### [Collected data entries]

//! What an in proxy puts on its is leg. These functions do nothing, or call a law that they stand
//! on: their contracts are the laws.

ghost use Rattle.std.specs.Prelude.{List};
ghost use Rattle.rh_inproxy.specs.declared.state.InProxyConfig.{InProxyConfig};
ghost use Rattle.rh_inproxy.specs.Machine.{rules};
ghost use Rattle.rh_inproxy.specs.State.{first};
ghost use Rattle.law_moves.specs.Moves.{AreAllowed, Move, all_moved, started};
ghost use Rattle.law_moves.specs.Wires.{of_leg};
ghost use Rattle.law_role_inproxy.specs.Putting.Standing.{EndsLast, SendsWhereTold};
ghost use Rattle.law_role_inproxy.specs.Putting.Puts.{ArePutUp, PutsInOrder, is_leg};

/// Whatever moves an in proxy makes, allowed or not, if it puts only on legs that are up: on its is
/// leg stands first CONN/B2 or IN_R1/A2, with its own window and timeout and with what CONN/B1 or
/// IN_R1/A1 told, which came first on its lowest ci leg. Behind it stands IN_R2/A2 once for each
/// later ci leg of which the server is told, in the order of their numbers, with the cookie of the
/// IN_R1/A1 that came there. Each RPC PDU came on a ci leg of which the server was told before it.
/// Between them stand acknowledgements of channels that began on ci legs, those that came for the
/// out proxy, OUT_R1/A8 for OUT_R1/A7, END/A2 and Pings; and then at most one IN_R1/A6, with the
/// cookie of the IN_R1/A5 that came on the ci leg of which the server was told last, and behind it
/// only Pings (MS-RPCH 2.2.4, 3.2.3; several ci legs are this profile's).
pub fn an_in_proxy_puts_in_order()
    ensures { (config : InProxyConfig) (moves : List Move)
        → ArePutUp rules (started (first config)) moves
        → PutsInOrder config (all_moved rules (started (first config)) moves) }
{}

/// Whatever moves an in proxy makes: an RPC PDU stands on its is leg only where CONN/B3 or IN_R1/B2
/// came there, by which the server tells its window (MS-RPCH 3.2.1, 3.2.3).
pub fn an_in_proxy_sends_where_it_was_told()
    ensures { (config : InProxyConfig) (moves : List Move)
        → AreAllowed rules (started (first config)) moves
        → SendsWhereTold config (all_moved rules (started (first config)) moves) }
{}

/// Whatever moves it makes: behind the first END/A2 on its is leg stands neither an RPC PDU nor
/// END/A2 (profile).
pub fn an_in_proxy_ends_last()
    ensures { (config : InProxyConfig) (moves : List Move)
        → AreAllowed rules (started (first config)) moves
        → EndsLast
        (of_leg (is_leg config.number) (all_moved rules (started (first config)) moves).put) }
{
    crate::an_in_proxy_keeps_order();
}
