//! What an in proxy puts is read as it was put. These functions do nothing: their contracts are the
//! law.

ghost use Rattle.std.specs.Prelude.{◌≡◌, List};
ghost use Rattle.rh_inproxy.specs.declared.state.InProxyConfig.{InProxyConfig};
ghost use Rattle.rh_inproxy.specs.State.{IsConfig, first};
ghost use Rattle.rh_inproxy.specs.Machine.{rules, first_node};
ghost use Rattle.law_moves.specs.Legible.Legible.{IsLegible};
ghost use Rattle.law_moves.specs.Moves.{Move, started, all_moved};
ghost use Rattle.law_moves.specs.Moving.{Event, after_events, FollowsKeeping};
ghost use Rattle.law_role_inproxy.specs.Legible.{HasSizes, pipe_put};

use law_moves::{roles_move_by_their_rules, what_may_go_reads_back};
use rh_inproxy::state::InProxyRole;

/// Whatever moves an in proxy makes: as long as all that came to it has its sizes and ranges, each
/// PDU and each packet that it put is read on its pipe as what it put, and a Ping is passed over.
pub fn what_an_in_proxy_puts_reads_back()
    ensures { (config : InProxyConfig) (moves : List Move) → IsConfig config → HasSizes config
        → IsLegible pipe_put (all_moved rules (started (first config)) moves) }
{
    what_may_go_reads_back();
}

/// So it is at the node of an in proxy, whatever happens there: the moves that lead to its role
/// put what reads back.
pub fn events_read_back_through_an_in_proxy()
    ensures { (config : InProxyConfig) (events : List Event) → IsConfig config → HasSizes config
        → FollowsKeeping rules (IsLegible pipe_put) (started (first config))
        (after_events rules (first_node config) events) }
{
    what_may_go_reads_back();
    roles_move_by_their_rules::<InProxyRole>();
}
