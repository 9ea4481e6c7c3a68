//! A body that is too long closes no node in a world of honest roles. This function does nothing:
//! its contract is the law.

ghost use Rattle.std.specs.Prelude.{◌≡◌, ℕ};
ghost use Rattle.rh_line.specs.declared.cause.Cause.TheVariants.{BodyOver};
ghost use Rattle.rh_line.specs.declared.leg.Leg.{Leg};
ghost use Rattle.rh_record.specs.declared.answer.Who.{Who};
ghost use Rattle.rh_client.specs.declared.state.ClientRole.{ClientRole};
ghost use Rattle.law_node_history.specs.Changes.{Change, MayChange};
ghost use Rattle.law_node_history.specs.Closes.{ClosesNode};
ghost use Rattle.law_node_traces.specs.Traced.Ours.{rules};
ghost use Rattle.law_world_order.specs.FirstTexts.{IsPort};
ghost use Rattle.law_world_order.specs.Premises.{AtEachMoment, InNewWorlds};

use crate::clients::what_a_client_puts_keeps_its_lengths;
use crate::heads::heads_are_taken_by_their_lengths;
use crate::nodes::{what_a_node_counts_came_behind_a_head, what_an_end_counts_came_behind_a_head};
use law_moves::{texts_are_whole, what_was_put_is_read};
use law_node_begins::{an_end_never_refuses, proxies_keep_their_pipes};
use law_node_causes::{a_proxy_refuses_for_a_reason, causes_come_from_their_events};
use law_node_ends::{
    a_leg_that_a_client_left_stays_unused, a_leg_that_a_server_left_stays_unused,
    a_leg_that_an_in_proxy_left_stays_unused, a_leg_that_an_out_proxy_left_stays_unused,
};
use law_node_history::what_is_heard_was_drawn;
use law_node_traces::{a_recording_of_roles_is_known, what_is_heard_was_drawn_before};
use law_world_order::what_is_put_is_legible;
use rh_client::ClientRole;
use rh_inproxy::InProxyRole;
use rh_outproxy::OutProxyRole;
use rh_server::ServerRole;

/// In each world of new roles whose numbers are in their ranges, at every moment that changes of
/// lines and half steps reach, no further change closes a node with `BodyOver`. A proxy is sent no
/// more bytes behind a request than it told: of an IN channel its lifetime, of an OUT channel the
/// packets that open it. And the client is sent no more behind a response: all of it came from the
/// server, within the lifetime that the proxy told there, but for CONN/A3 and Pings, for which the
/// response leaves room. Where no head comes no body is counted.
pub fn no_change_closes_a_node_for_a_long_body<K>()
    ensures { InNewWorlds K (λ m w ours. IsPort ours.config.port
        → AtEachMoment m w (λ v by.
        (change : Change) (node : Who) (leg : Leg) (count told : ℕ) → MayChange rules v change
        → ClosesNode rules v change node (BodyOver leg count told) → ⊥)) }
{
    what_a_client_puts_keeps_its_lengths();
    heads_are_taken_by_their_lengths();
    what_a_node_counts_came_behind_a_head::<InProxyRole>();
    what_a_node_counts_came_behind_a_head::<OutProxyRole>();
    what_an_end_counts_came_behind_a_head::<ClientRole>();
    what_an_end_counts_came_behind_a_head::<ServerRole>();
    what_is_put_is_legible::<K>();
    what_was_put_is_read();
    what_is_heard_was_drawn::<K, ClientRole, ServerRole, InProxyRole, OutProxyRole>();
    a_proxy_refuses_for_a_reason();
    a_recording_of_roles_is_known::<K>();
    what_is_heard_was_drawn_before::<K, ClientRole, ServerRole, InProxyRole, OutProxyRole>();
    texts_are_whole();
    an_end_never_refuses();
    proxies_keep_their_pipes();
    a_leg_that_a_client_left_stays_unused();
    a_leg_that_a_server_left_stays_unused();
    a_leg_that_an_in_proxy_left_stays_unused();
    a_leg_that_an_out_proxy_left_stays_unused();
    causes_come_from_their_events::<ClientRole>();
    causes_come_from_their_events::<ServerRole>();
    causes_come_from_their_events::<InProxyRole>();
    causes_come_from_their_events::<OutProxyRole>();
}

### [Your instructions]
Which lines belong in the answer? Exactly those from the first line of the entries through the line holding "and behind it", inclusive, copied unchanged.

### [Answer section]
//! What an in proxy puts on its is leg. These functions do nothing, or call a law that they stand
//! on: their contracts are the laws.

ghost use Rattle.std.specs.Prelude.{List};
ghost use Rattle.rh_inproxy.specs.declared.state.InProxyConfig.{InProxyConfig};
ghost use Rattle.rh_inproxy.specs.Machine.{rules};
ghost use Rattle.rh_inproxy.specs.State.{first};
ghost use Rattle.law_moves.specs.Moves.{AreAllowed, Move, all_moved, started};
ghost use Rattle.law_moves.specs.Wires.{of_leg};
ghost use Rattle.law_role_inproxy.specs.Putting.Standing.{EndsLast, SendsWhereTold};
ghost use Rattle.law_role_inproxy.specs.Putting.Puts.{ArePutUp, PutsInOrder, is_leg};

/// Whatever moves an in proxy makes, allowed or not, if it puts only on legs that are up: on its is
/// leg stands first CONN/B2 or IN_R1/A2, with its own window and timeout and with what CONN/B1 or
/// IN_R1/A1 told, which came first on its lowest ci leg. Behind it stands IN_R2/A2 once for each
/// later ci leg of which the server is told, in the order of their numbers, with the cookie of the
/// IN_R1/A1 that came there. Each RPC PDU came on a ci leg of which the server was told before it.
/// Between them stand acknowledgements of channels that began on ci legs, those that came for the
/// out proxy, OUT_R1/A8 for OUT_R1/A7, END/A2 and Pings; and then at most one IN_R1/A6, with the
/// cookie of the IN_R1/A5 that came on the ci leg of which the server was told last, and behind it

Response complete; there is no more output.